►
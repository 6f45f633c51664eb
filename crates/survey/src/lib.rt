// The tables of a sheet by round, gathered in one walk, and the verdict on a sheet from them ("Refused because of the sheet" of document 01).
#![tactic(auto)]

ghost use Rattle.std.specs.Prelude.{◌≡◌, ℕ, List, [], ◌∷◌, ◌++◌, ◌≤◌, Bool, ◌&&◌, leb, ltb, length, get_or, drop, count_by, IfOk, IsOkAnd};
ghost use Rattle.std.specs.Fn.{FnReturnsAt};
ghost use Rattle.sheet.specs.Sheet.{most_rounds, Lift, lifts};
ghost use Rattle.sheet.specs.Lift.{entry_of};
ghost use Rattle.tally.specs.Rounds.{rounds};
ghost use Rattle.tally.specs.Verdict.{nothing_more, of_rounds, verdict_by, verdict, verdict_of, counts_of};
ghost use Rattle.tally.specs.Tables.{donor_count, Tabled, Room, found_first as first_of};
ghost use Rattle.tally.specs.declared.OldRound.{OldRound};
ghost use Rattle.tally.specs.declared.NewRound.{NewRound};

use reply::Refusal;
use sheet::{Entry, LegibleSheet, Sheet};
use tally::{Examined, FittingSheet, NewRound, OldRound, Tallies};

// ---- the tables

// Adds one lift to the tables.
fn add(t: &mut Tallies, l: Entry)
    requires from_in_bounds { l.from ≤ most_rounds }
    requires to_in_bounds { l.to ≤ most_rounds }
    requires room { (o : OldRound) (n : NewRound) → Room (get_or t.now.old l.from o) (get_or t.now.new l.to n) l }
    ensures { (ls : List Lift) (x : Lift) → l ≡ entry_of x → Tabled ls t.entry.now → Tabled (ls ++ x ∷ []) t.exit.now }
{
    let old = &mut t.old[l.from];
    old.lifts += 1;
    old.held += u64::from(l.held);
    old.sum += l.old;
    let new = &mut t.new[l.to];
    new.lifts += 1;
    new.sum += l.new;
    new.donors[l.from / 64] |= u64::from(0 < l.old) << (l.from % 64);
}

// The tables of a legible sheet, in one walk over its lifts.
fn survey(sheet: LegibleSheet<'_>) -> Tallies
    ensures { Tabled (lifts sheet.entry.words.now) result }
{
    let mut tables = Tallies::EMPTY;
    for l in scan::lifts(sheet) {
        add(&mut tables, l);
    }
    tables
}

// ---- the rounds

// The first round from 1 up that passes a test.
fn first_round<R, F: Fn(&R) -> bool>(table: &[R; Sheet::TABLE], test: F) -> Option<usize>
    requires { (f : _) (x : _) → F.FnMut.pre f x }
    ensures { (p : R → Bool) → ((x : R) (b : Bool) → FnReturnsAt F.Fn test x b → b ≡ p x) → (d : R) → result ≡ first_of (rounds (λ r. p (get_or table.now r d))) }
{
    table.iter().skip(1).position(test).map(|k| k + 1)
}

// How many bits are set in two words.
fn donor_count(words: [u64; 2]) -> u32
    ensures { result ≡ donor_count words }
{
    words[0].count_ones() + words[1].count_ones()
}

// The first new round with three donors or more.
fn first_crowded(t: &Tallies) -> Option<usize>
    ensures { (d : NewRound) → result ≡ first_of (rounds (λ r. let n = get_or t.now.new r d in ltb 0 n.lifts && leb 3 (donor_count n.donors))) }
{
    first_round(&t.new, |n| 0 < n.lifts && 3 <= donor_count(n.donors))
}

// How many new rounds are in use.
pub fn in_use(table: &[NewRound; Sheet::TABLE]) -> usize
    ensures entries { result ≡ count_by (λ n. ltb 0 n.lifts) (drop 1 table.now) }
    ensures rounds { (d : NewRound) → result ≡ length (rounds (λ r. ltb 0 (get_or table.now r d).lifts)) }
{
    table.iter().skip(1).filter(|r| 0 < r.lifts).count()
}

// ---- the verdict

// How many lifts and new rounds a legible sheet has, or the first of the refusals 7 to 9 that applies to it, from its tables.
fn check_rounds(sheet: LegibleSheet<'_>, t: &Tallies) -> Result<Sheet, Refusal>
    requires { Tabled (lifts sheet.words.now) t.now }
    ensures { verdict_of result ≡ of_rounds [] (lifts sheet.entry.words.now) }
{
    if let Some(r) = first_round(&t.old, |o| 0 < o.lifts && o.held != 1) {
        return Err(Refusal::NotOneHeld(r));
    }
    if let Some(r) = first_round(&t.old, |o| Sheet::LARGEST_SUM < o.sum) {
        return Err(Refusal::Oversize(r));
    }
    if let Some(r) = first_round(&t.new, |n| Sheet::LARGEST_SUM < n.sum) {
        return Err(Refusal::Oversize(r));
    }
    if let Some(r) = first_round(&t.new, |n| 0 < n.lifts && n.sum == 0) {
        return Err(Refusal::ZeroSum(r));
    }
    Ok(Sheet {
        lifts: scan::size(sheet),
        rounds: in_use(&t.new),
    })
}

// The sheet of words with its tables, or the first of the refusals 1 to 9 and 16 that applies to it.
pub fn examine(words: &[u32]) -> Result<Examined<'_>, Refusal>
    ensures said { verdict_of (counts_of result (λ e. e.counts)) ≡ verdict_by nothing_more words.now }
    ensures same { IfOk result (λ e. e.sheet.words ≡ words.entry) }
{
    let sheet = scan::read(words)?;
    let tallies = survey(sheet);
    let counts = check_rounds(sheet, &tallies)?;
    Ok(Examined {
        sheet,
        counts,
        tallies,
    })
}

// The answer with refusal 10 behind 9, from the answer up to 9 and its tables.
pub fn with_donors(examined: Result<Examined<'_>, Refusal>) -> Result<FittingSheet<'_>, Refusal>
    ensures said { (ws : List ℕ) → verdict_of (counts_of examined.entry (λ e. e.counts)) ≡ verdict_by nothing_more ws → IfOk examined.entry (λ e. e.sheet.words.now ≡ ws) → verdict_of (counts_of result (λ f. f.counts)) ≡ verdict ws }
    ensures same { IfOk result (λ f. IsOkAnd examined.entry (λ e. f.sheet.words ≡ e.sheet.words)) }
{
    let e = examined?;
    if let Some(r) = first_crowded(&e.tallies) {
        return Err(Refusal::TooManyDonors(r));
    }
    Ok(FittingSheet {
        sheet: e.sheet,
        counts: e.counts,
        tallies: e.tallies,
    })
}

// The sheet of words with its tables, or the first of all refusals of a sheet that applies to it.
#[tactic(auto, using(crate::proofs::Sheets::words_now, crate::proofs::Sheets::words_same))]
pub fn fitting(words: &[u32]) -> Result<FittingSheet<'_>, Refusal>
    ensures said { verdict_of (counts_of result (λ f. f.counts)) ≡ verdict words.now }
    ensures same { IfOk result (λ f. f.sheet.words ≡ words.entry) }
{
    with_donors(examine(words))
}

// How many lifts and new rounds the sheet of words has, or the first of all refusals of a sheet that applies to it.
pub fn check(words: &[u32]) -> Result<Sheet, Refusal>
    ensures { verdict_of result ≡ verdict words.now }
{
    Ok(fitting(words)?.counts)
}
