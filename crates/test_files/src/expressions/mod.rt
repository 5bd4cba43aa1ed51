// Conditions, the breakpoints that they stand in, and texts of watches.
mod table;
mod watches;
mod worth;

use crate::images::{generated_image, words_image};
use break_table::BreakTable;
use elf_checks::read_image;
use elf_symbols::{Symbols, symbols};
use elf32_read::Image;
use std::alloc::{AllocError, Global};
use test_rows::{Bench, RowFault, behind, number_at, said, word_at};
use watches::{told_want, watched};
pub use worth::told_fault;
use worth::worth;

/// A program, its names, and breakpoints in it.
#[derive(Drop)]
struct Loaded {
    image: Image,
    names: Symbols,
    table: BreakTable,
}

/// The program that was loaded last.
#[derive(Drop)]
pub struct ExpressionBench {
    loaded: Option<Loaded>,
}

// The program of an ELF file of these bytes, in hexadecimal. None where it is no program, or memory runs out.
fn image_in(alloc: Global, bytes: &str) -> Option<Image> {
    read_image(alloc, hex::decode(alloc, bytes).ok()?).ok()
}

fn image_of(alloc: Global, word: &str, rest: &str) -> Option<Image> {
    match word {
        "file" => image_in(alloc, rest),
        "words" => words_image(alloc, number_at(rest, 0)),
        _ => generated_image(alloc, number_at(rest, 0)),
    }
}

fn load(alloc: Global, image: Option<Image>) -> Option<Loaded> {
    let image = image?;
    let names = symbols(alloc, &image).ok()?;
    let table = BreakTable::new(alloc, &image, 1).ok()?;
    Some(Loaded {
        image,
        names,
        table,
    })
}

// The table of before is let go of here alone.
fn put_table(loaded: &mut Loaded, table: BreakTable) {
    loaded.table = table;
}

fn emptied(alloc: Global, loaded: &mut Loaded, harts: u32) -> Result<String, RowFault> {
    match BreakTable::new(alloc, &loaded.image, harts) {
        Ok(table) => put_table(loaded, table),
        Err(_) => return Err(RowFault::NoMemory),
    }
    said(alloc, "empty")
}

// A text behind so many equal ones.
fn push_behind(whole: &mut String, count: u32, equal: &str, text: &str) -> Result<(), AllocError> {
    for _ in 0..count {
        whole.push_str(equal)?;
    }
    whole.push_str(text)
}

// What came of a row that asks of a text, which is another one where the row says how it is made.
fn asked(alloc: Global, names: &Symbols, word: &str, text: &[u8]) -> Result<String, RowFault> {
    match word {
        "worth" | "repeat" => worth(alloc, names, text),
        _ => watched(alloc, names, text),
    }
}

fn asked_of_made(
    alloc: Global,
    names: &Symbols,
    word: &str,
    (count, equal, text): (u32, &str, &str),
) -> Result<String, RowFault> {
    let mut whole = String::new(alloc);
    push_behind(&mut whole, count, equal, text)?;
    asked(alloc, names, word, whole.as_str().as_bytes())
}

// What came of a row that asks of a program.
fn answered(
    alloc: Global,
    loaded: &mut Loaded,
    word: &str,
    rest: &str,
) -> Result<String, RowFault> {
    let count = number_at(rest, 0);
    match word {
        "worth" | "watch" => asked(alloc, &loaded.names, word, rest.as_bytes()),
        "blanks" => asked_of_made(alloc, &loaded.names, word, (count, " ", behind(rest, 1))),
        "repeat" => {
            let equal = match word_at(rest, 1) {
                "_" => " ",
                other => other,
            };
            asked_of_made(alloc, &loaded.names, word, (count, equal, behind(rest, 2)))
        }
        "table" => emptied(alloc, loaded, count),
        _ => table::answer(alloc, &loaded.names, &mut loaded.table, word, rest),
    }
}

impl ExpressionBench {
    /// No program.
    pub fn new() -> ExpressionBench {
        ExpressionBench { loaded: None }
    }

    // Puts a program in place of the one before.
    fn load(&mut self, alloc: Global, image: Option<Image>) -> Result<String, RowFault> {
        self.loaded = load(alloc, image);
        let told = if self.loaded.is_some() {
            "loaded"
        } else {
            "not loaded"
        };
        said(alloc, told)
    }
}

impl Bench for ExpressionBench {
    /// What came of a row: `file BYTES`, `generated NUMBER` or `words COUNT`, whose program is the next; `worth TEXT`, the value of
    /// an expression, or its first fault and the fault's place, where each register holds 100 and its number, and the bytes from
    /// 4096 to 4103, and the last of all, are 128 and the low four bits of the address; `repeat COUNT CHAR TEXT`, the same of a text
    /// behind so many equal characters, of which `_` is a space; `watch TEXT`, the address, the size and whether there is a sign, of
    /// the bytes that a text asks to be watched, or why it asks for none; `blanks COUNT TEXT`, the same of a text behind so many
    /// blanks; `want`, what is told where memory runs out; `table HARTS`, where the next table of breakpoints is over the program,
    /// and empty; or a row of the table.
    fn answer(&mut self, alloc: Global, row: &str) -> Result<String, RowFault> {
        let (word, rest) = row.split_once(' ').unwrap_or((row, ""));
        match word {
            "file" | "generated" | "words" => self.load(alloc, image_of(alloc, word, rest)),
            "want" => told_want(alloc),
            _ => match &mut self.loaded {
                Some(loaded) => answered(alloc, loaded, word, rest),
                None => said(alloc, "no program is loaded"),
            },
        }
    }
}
◄
Task requirements | With the first line being the one containing "asked(alloc, names, word, whole.as_str().as_bytes())" and the last line the one containing "to 4103, and", transcribe exactly the lines above that fall in that range.

Response box |
    asked(alloc, names, word, whole.as_str().as_bytes())
}

// What came of a row that asks of a program.
fn answered(
    alloc: Global,
    loaded: &mut Loaded,
    word: &str,
    rest: &str,
) -> Result<String, RowFault> {
    let count = number_at(rest, 0);
    match word {
        "worth" | "watch" => asked(alloc, &loaded.names, word, rest.as_bytes()),
        "blanks" => asked_of_made(alloc, &loaded.names, word, (count, " ", behind(rest, 1))),
        "repeat" => {
            let equal = match word_at(rest, 1) {
                "_" => " ",
                other => other,
            };
            asked_of_made(alloc, &loaded.names, word, (count, equal, behind(rest, 2)))
        }
        "table" => emptied(alloc, loaded, count),
        _ => table::answer(alloc, &loaded.names, &mut loaded.table, word, rest),
    }
}

impl ExpressionBench {
    /// No program.
    pub fn new() -> ExpressionBench {
        ExpressionBench { loaded: None }
    }

    // Puts a program in place of the one before.
    fn load(&mut self, alloc: Global, image: Option<Image>) -> Result<String, RowFault> {
        self.loaded = load(alloc, image);
        let told = if self.loaded.is_some() {
            "loaded"
        } else {
            "not loaded"
        };
        said(alloc, told)
    }
}

impl Bench for ExpressionBench {
    /// What came of a row: `file BYTES`, `generated NUMBER` or `words COUNT`, whose program is the next; `worth TEXT`, the value of
    /// an expression, or its first fault and the fault's place, where each register holds 100 and its number, and the bytes from
    /// 4096 to 4103, and the last of all, are 128 and the low four bits of the address; `repeat COUNT CHAR TEXT`, the same of a text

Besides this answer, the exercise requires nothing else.